Port Saïd, à la reconquête des quartiers fragiles

« La tradition est un mouvement perpétuel, elle avance, elle change, elle vit. La tradition vive se manifeste pourtant. Efforcez-vous de la maintenir à la façon de votre époque. »
Jean Cocteau

En 2003, à l’initiative de l’Alliance française de Port-Saïd et avec le soutien du Gouvernorat de la ville, du Centre français de culture et de coopération du Caire et de la commission européenne, un programme d’évaluation du patrimoine architectural, urbain et paysager de la ville a été lancé.

Dans le cadre de cette action, nous avons encadré, avec Claudine Piaton, deux ateliers : le premier, en juin 2004, avec six élèves AUE de l’école d’application ; le second, en juin 2005, avec six élèves du cycle d’études spécialisées.

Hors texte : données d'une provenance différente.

//! The commands that a module carries out, and its answers.
ghost use Rattle.std.specs.Prelude.{◌≡◌, ◌<◌, ℕ, false, List, ◌∷◌, length, Some, None, MatchOption};
ghost use Rattle.circular_buffer.specs.Buffer.{Buffer};
ghost use Rattle.fio_message.specs.Octets.{IsOctets};
ghost use Rattle.fio_message.specs.Views.{command_of, items_of};
ghost use Rattle.fio_message.specs.declared.commands.Command.TheVariants as commands;
ghost use Rattle.fio_message.specs.Answers.{SpellsAnswer};
ghost use Rattle.fio_message.specs.declared.answers.Answer.TheVariants as answers;
ghost use Rattle.fio_module.specs.Flags.{flags_of};
ghost use Rattle.fio_module.specs.Life.{Commanded, Life, counter_of};
ghost use Rattle.fio_module.specs.Replies.{longest_answer};
ghost use Rattle.fio_module.specs.Settings.{Settings};
ghost use Rattle.fio_module.specs.State.{IsAfter, Obeys, frame_if, reply_frame};

use super::ModuleState;
use crate::limits::{LEAST_TIMEOUT, MOST_TIMEOUT};
use crate::outputs::Outputs;
use crate::ring::EntryRing;
use arrayvec::ArrayVec;
use fio_message::types::{
    CONFIGURE_INPUTS_ANSWER, FILTERED_INPUTS_ANSWER, IDENTIFY_ANSWER, LOAD_COUNTER_ANSWER,
    RAW_INPUTS_ANSWER, SET_OUTPUTS_ANSWER, STATUS_ANSWER, WATCHDOG_ANSWER,
};
use fio_message::{
    CommandView, Frame, ItemsView, error_status, flags_and_counts, inputs_and_stamp,
    set_before_status, status_and_stamp,
};

/// The most octets of an answer that is not a block.
const SHORT_OCTETS: usize = 13;

/// The octets of an answer that is not a block: 2 to 13.
pub type ShortAnswer = ArrayVec<u8, SHORT_OCTETS>;

/// The reply to a command.
#[derive(Debug, Drop)]
pub enum Reply {
    /// There is no answer.
    Nothing,
    /// The answer has these octets.
    Short(ShortAnswer),
    /// The answer is the block that was sent last, `ModuleState::block`.
    Block,
}

/// Returns a short answer: its type, and the octets after it.
fn short_answer(code: u8, fields: &[u8]) -> ShortAnswer
    requires { length fields.now < SHORT_OCTETS }
    ensures written { result.items ≡ code ∷ fields.now }
    ensures within { IsOctets fields.now }
{
    let mut answer = ShortAnswer::new();
    answer.push(code);
    // There is room, so this never fails.
    let _ = answer.try_extend_from_slice(fields);
    answer
}

/// Writes a short answer over what a frame holds.
fn write_short(answer: &ShortAnswer, frame: &mut Frame)
    ensures { frame.new.items ≡ answer.now.items }
{
    frame.clear();
    // There is room, so this never fails.
    let _ = frame.try_extend_from_slice(answer.as_slice());
}

impl ModuleState {
    /// Carries out a command that is read in place, and writes the answer over what `frame` holds. Commands 56, 57 and 59
    /// get no answer and change nothing (own profile): the result is then `false`, and the frame is unchanged.
    pub fn obey<R: EntryRing>(
        &mut self,
        ring: &mut R,
        command: CommandView<'_>,
        frame: &mut Frame,
    ) -> bool
        ensures obeyed { Obeys self.old (R.held ring.old) self.new (R.held ring.new)
            (command_of command.entry) (frame_if result frame.new) }
        ensures same_memory { R.memory ring.new ≡ R.memory ring.old }
        ensures unchanged { result ≡ false → frame.new ≡ frame.old }
    {
        let reply = self.carry_out(ring, command);
        self.write_reply(&reply, frame)
    }

    /// Carries out a command as `obey` does, and returns its reply. It needs no frame.
    // Inlined into `obey`, which then takes a third less time.
    #[inline(always)]
    pub fn carry_out<R: EntryRing>(&mut self, ring: &mut R, command: CommandView<'_>) -> Reply
        ensures obeyed { Obeys self.old (R.held ring.old) self.new (R.held ring.new)
            (command_of command.entry) (reply_frame self.new result) }
        ensures same_memory { R.memory ring.new ≡ R.memory ring.old }
    {
        match command {
            CommandView::Status { clear } => Reply::Short(self.clear_flags(clear, 0, 0)),
            CommandView::LoadCounter { load } => Reply::Short(self.load_counter(load)),
            CommandView::ConfigureInputs { items } => Reply::Short(self.configure(items)),
            CommandView::RawInputs => Reply::Short(self.raw_inputs()),
            CommandView::FilteredInputs => Reply::Short(self.filtered_inputs()),
            CommandView::Poll { block } => {
                self.poll(ring, block);
                Reply::Block
            }
            CommandView::SetOutputs { levels, controls } => {
                Reply::Short(self.set_outputs(*levels, *controls))
            }
            CommandView::Watchdog { timeout } => Reply::Short(self.set_watchdog(timeout)),
            CommandView::Identify => Reply::Short(self.identify()),
            CommandView::Other { .. } => Reply::Nothing,
        }
    }

    /// Returns the octets of the reply that `carry_out` returned last, or `None` if there is no answer.
    pub fn octets_of<'a>(&'a self, reply: &'a Reply) -> Option<&'a [u8]>
        ensures { MatchOption result
            (reply_frame self.now reply.now ≡ None)
            (λ octets. reply_frame self.now reply.now ≡ Some (record { items = octets.now })) }
    {
        match reply {
            Reply::Nothing => None,
            Reply::Short(answer) => Some(answer.as_slice()),
            Reply::Block => Some(self.block()),
        }
    }

    /// Writes the reply that `carry_out` returned last into `frame`. If there is no answer, the result is `false`, and the
    /// frame is unchanged.
    pub(crate) fn write_reply(&self, reply: &Reply, frame: &mut Frame) -> bool
        ensures written { frame_if result frame.new ≡ reply_frame self.now reply.now }
        ensures unchanged { result ≡ false → frame.new ≡ frame.old }
    {
        match reply {
            Reply::Nothing => return false,
            Reply::Short(answer) => write_short(answer, frame),
            Reply::Block => self.sent.copy_to(frame),
        }
        true
    }

    /// Carries out command 49 as `carry_out` does, except that the answer has these error counts (TEES 2009, answer 177):
    /// clears the flags whose bits are 1, and returns the octets of the answer.
    pub fn clear_flags(&mut self, clear: u8, receive_errors: u8, transmit_errors: u8) -> ShortAnswer
        ensures { (settings : Settings) (ring : Buffer (List ℕ)) (life : Life)
            → IsAfter settings self.old ring life
            → IsAfter settings self.new ring (Commanded (commands.Status clear) ∷ life)
            × SpellsAnswer (answers.Status (flags_of (Commanded (commands.Status clear) ∷ life))
            receive_errors transmit_errors (counter_of life)) result.items }
    {
        self.flags &= !clear;
        let stamp = self.counter.now();
        short_answer(
            STATUS_ANSWER,
            &flags_and_counts(self.flags, receive_errors, transmit_errors, stamp),
        )
    }

    /// Returns how many octets the longest answer has that the module ever gives: a block with the most entries, or inputs
    /// and a stamp.
    pub fn longest_answer(&self) -> usize
        ensures { result ≡ longest_answer self.now.per_block }
    {
        (8 + 3 * usize::from(self.per_block)).max(SHORT_OCTETS)
    }

    fn load_counter(&mut self, load: u32) -> ShortAnswer
        ensures { (ring : Buffer (List ℕ))
            → Obeys self.old ring self.new ring (commands.LoadCounter load) (Some result) }
    {
        self.counter.ask_load(load);
        short_answer(LOAD_COUNTER_ANSWER, &[error_status(false)])
    }

    fn configure(&mut self, items: ItemsView<'_>) -> ShortAnswer
        ensures { (ring : Buffer (List ℕ)) → Obeys self.old ring self.new ring
            (commands.ConfigureInputs (record { items = items_of items.entry })) (Some result) }
    {
        let status = error_status(self.filters.configure_from(&items).is_err());
        short_answer(CONFIGURE_INPUTS_ANSWER, &[status])
    }

    fn raw_inputs(&self) -> ShortAnswer
        ensures { (ring : Buffer (List ℕ))
            → Obeys self.now ring self.now ring commands.RawInputs (Some result) }
    {
        let (inputs, stamp) = (self.filters.raw(), self.counter.now());
        short_answer(RAW_INPUTS_ANSWER, &inputs_and_stamp(inputs, stamp))
    }

    fn filtered_inputs(&self) -> ShortAnswer
        ensures { (ring : Buffer (List ℕ))
            → Obeys self.now ring self.now ring commands.FilteredInputs (Some result) }
    {
        let (inputs, stamp) = (self.filters.filtered(), self.counter.now());
        short_answer(FILTERED_INPUTS_ANSWER, &inputs_and_stamp(inputs, stamp))
    }

    fn set_outputs(&mut self, levels: [u8; 8], controls: [u8; 8]) -> ShortAnswer
        ensures { (ring : Buffer (List ℕ))
            → Obeys self.old ring self.new ring (commands.SetOutputs levels controls) (Some result) }
    {
        self.outputs = Outputs { levels, controls };
        short_answer(SET_OUTPUTS_ANSWER, &status_and_stamp(0, self.counter.now()))
    }

    fn set_watchdog(&mut self, timeout: u8) -> ShortAnswer
        ensures { (ring : Buffer (List ℕ))
            → Obeys self.old ring self.new ring (commands.Watchdog timeout) (Some result) }
    {
        let status = set_before_status(self.watchdog != 0);
        self.watchdog = timeout.clamp(LEAST_TIMEOUT, MOST_TIMEOUT);
        short_answer(WATCHDOG_ANSWER, &[status])
    }

    fn identify(&self) -> ShortAnswer
        ensures { (ring : Buffer (List ℕ))
            → Obeys self.now ring self.now ring commands.Identify (Some result) }
    {
        short_answer(IDENTIFY_ANSWER, &[self.id])
    }
}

Les travaux des élèves s’inscrivent dans la problématique du programme européen Euromed Heritage II « Patrimoines partagés »1 qui vise à documenter et à protéger le patrimoine des XIXe et XXe siècles autour de la Méditerranée. Ils s’appuient également sur un partenariat avec le ministère de la Culture égyptien et plus spécifiquement le Conseil suprême des Antiquités qui est en charge de la protection des ensembles bâtis.

Analyse du terrain

L’intervention s’est développée sur deux ans ; les élèves se sont intégrés à une équipe pluridisciplinaire de chercheurs et de gestionnaires européens et égyptiens.

La première phase consistait à resituer la ville dans son territoire, dans l’espace et dans le temps. Port Saïd, ville neuve est créée ex-nihilo sur le lido séparant le lac Menzaleh de la Méditerranée à l’embouchure du canal de Suez dont le chantier (1859-1869) est ouvert par Ferdinand de Lesseps. Il s’agit d’une cité d’économie marchande liée à un équipement, d’inspiration coloniale. Nous sommes en présence d’un plan réglé, conçu par des ingénieurs et répondant aux règles d’aménagement de l’époque. La seconde phase consistait à réaliser l’analyse des espaces bâtis et non bâtis, afin de hiérarchiser le patrimoine ordinaire issu de l’architecture « savante ». Nous sommes en présence d’une production cosmopolite, d’influences et de cultures croisées du bassin méditerranéen, reflet des courants conceptuels de l’éclectisme, de l’orientalisme et du rationalisme.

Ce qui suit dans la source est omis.